The next History Society talk is on ‘East Sussex Early Archaeology’ by Caspar Johnson at 7.30 pm on Thursday 17 March in the Wynne Room, Battle Memorial Hall. All welcome; non-members £4 on the door.
Battle Museum of Local History is opening for the new season on Good Friday, 25 March – do come and see the new exhibition (open Monday-Saturday 10.00-4.30 pm). The Museum owes many thanks to The Crafty Norman who presented a handsome donation to Robert Emeleus, Museum Chairman, at the recent opening of the new craft shop. Preparations for the Battle Community Tapestry are also well underway: keep a look out for the first date so you can come and add a stitch!
This month in 1066
After a meeting with his closest advisers, William called a meeting of the rest of the Norman magnates, at Lillebonne. According to one chronicler, this took place after William had received the papal banner which would mean around March. What information we have suggests that not a little persuasion was needed. The Normans were concerned at the wealth and strength of England compared with Normandy – they feared that Harold was in a much stronger position. They were also worried about the logistics of crossing the Channel, particularly taking into account that Harold had battle-hardened, expert sailors and many ships at this disposal. The Normans success to date was in land-based war. Some also made it clear that they did not consider that they owed William service beyond the sea.

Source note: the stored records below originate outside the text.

// name.rs: the syntax of a Name, and names compared by their bytes.
#![tactic(auto)]

ghost use Rattle.std.specs.Prelude.{◌≡◌};
ghost use Rattle.definition.specs.Names.{is_name_start, is_name_byte, is_name, compare_names, same_name, bytes_at};
ghost use Rattle.name.specs.Parts.{PartAt};
ghost use Rattle.name.specs.Hashes.{hash_of};

use std::cmp::Ordering;

// What the hash so far is multiplied by before the next byte is added.
const HASH_FACTOR: u32 = 16777619;

// A letter or an underscore.
#[tactic(auto, unfolding(definition::specs::Names::is_name_start))]
pub fn is_name_start(b: u8) -> bool
    ensures { result ≡ is_name_start b }
{
    b.is_ascii_alphabetic() || b == b'_'
}

// A letter, an underscore or a digit.
#[tactic(auto, unfolding(definition::specs::Names::is_name_byte))]
pub fn is_name_continue(b: u8) -> bool
    ensures { result ≡ is_name_byte b }
{
    is_name_start(b) || b.is_ascii_digit()
}

#[tactic(auto, using(crate::proofs::Laws::name_empty))]
pub fn is_valid_syntax(name: &[u8]) -> bool
    ensures { result ≡ is_name name.now }
{
    let Some((first, rest)) = name.split_first() else {
        return false;
    };
    is_name_start(*first) && rest.iter().all(|b| is_name_continue(*b))
}

// The part of the text that a span is, as far as the text reaches.
pub fn bytes_at(text: &[u8], at: usize, len: usize) -> &[u8]
    ensures { PartAt text.entry result at len }
{
    let from = at.min(text.len());
    let rest = &text[from..];
    &rest[..len.min(rest.len())]
}

// The only place where the bytes of two names are compared: the first byte in which they differ decides, and a shorter beginning is before.
// Stays: the body is std's `cmp`; the function gives it the definition's word for the order of names.
#[tactic(auto, using(definition::proofs::NamesInOrder::names_by_std))]
pub fn compare(a: &[u8], b: &[u8]) -> Ordering
    ensures { result ≡ compare_names a.now b.now }
{
    a.cmp(b)
}

// Whether two names are the same, by their order.
#[tactic(auto, unfolding(definition::specs::Names::same_name))]
pub fn same(a: &[u8], b: &[u8]) -> bool
    ensures { result ≡ same_name a.now b.now }
{
    compare(a, b).is_eq()
}

// Whether two spans of one text have the same name.
pub fn same_span(text: &[u8], a_at: usize, a_len: usize, b_at: usize, b_len: usize) -> bool
    ensures { result ≡ same_name (bytes_at text.now a_at a_len) (bytes_at text.now b_at b_len) }
{
    same(bytes_at(text, a_at, a_len), bytes_at(text, b_at, b_len))
}

// Whether a span of a text has the name.
pub fn span_is(text: &[u8], at: usize, len: usize, name: &[u8]) -> bool
    ensures { result ≡ same_name (bytes_at text.now at len) name.now }
{
    same(bytes_at(text, at, len), name)
}

// A number made of a name's bytes: where two differ, so do the names, and no byte need be compared.
pub fn hash_of(name: &[u8]) -> u32
    ensures { result ≡ hash_of name.now }
{
    let mut hash: u32 = 0;
    for byte in name {
        hash = hash
            .wrapping_mul(HASH_FACTOR)
            .wrapping_add(u32::from(*byte));
    }
    hash
}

It appears that there were individual negotiations between William and his vassals, with him entreating them to double their usual level of service and promising that this would not create a precedent. The detail of how he won them over is not known for certain. The papal banner would have had influence; the material rewards also – William of course could offer his men a share of the spoils, an option not open to Harold; and much would have been made of the justice of William’s cause. The agreements were recorded in what is called the ‘Ship List’, a surviving summary of a larger document, listing 14 names and the number of ships they agreed to provide. These numbers must have been the minimum necessary but even so, they would have been very difficult to provide: two of his closest counsellors promised 60 ships each. The Bayeux Tapestry implies that all the fleet was built from scratch, which seems impossible. However, even if some vessels were bought or requisitioned, there was no doubt a massive building programme, with frenetic activity in the forests and shipyards of Normandy in order to meet the requirements in such a short space of time.
In the meantime, Harold was sending spies to Normandy to find out what William was doing!